General Idea: For each value, push it to the stack. Then, pop values from the stack if they are the next values to pop. At the end, we check if we have popped all the values successfully.

``````1. use an actual stack to verify the input
2. have a pointer index for each array to keep track of our operations
3. if the current val in pushed does not match that of popped, push that val
4. else if they do match, then pop
5. if after popping, the popped val does not match, then this is an incorrect popped arr and return false
6. after going through both the pushed arr with no issues, we should check our stack
7. start popping each val from the stack and compare it to the remaining values of the popped array.
8. if there are no mismatched results, success!``````

⚠️ Common Mistakes

• We can miss some invalid sequences including but not limited to:
• the lengths of the arrays are unequal (number of pushes != number of pops): This case is handled by the question itself by giving pushed.size() == popped.size().
• The pushed numbers are different than the popped numbers: This case is also handled by the question itself as we are given that the pushed and popped arrays are permutations of each other.
• There is at least one element in popped that can't come at the top of the stack (while ensuring all elements before it in the popped array have been popped in sequence): This means that if we were to simulate a stack, we couldn't pop this element while maintaining the previous order.
• There is at least one element in the pushed array that doesn't get popped after it has been pushed: This means that either we have done a mistake before, or this element is simply out of order.

## 4: I-mplement

Implement the code to solve the algorithm.

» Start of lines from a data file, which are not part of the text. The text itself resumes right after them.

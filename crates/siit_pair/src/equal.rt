//! Bytes that are equal but for a checksum.
ghost use Rattle.siit_pair.specs.Same.{has_same_checksum, is_same_moved, is_same_unsummed};
ghost use Rattle.std.specs.Prelude.{◌≡◌, ◌≤◌, ◌+◌, length};

use siit_word::get16;

/// Whether bytes are equal but for the checksum at this place, which is the same number in both (RFC 1624).
pub(crate) fn is_same_moved(place: usize, old: &[u8], new: &[u8]) -> bool
    requires old { place + 2 ≤ length old.now }
    requires new { place + 2 ≤ length new.now }
    ensures { result ≡ is_same_moved place old.now new.now }
{
    is_same_unsummed(place, old, new) && has_same_checksum(place, old, new)
}

/// Whether bytes are equal but for the checksum at this place.
pub(crate) fn is_same_unsummed(place: usize, old: &[u8], new: &[u8]) -> bool
    requires old { place + 2 ≤ length old.now }
    requires new { place + 2 ≤ length new.now }
    ensures { result ≡ is_same_unsummed place old.now new.now }
{
    old[..place] == new[..place] && old[place + 2..] == new[place + 2..]
}

/// Whether the checksum at this place is the same number in both, of which 0 and 65535 are one.
fn has_same_checksum(place: usize, old: &[u8], new: &[u8]) -> bool
    requires old { place + 2 ≤ length old.now }
    requires new { place + 2 ≤ length new.now }
    ensures { result ≡ has_same_checksum place old.now new.now }
{
    get16(old, place) % 65535 == get16(new, place) % 65535
}
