//! What a text is as a script.

ghost use Rattle.std.specs.Prelude.{IfOk};
ghost use Rattle.parse_cache.specs.Readings.{IsReading, IsSameReading};

use std::alloc::Global;
use std::rc::Rc;
use tcl_parse::{Kind, ParseFault, Script, parse};
use txt_core::{NoMemory, Text};

/// What a text is as a script: the script that it spells, or else its one fault.
#[derive(Debug, Drop)]
pub enum Reading {
    /// The script that it spells.
    Script(Rc<Script>),
    /// It spells none: the first fault that is reached is of this kind, at this byte, counted from 0.
    Fault { at: u64, kind: Kind },
}

impl Reading {
    /// Reads a text. The only error is want of memory.
    pub fn of(alloc: Global, text: &Text) -> Result<Reading, NoMemory>
        ensures { IfOk result (λ read. IsReading text.now read) }
    {
        match parse(alloc, text) {
            Ok(script) => {
                let script = Rc::new(alloc, script)?;
                Ok(Reading::Script(script))
            }
            Err(ParseFault::Unclosed { at, kind }) => Ok(Reading::Fault { at, kind }),
            Err(ParseFault::NoMemory) => Err(NoMemory),
        }
    }

    /// The same once more: a script is shared. The only error is want of memory.
    pub fn share(&self) -> Result<Reading, NoMemory>
        ensures { IfOk result (λ shared. IsSameReading self.now shared) }
    {
        match self {
            Reading::Script(script) => {
                let script = script.clone()?;
                Ok(Reading::Script(script))
            }
            Reading::Fault { at, kind } => Ok(Reading::Fault {
                at: *at,
                kind: *kind,
            }),
        }
    }
}
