//! A text with what it is as a script.

ghost use Rattle.std.specs.Prelude.{◌≡◌, IfOk};
ghost use Rattle.parse_cache.specs.Readings.{IsReading};

use crate::reading::Reading;
use std::alloc::Global;
use std::marker::Model;
use txt_core::{NoMemory, Text};

/// A text that was read as a script, with what it is. Contracts see the text.
#[derive(Debug, Drop)]
pub struct ReadScript {
    text: Text,
    reading: Reading,
}

impl Model for ReadScript {
    ghost use Rattle.std.specs.Coded.{coded_list, coded_ℕ};
    ghost use Rattle.txt_core.specs.Names.{Bytes};
    ghost use Rattle.parse_cache.specs.Readings.{IsReading};

    ghost Value = { Bytes };

    ghost coded = { coded_list coded_ℕ };

    ghost view = { λ a. a.text };

    ghost invariant = { λ a. IsReading a.text a.reading };
}

impl ReadScript {
    /// Reads a text. A text that spells no script is kept with its fault. The only error is want of
    /// memory.
    pub fn new(alloc: Global, text: Text) -> Result<ReadScript, NoMemory>
        ensures { IfOk result (λ read. read ≡ text) }
    {
        let reading = Reading::of(alloc, &text)?;
        Ok(ReadScript::with(text, reading))
    }

    /// A text with what it is as a script. The condition is that it is that.
    pub fn with(text: Text, reading: Reading) -> ReadScript
        requires { IsReading text reading }
        ensures { result ≡ text }
    {
        ReadScript { text, reading }
    }

    /// The text.
    pub fn text(&self) -> &Text
        ensures { result.now ≡ self.now }
    {
        &self.text
    }

    /// What the text is as a script, to be looked at.
    pub fn as_reading(&self) -> &Reading
        ensures { IsReading self.now result.now }
    {
        &self.reading
    }

    /// What the text is as a script; a script is shared. The only error is want of memory.
    pub fn reading(&self) -> Result<Reading, NoMemory>
        ensures { IfOk result (λ read. IsReading self.now read) }
    {
        let reading = self.reading.share()?;
        Ok(reading)
    }

    /// The same once more. Its script is shared, and its bytes are where they are shared already. The
    /// only error is want of memory.
    pub fn copy(&self, alloc: Global) -> Result<ReadScript, NoMemory>
        ensures { IfOk result (λ copied. copied ≡ self.now) }
    {
        let text = self.text.copy(alloc)?;
        let reading = self.reading.share()?;
        Ok(ReadScript::with(text, reading))
    }
}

``````class Solution(object):

# Using a stack, keep on adding the elements looping the "pushed" list
# Maintain an index var to traverse "popped" list
# When the top element of stack equals the popped[index] value, move down the stack to pop elements
# with same value as popped[index], incrementing index in each iteration
# return True if matches
def validateStackSequences(self, pushed, popped):
j = 0
stack = []
for x in pushed:
stack.append(x)
while stack and j < len(popped) and stack[-1] == popped[j]:
stack.pop()
j += 1

return j == len(popped)``````
``````public boolean validateStackSequences(int[] pushed, int[] popped) {
int n = pushed.length;
int i = 0;
Stack myStack = new Stack<>();

// push each int num in pushed arr
for (int x : pushed) {
myStack.push(x);
// if stack has elements
// and we have not iterated thru all popped nums
// and the top of the stack matches the current popped num
while (!myStack.isEmpty() && i < n && myStack.peek() == popped[i]) {
// pop, increment index of popped
myStack.pop();
i++;
}
}
// if i equals n, then we popped successfully all nums in popped arr
// else we could not pop everything
return i == n;
}    ``````

## 5: R-eview

Review the code by running specific example(s) and recording values (watchlist) of your code's variables along the way.

• Trace through your code with an input to check for the expected output
• Catch possible edge cases and off-by-one errors

## 6: E-valuate

Evaluate the performance of your algorithm and state any strong/weak or future potential work.

• Time Complexity: O(N), where N is the length of pushed and popped.
• Space Complexity: O(N), accounting for the stack used.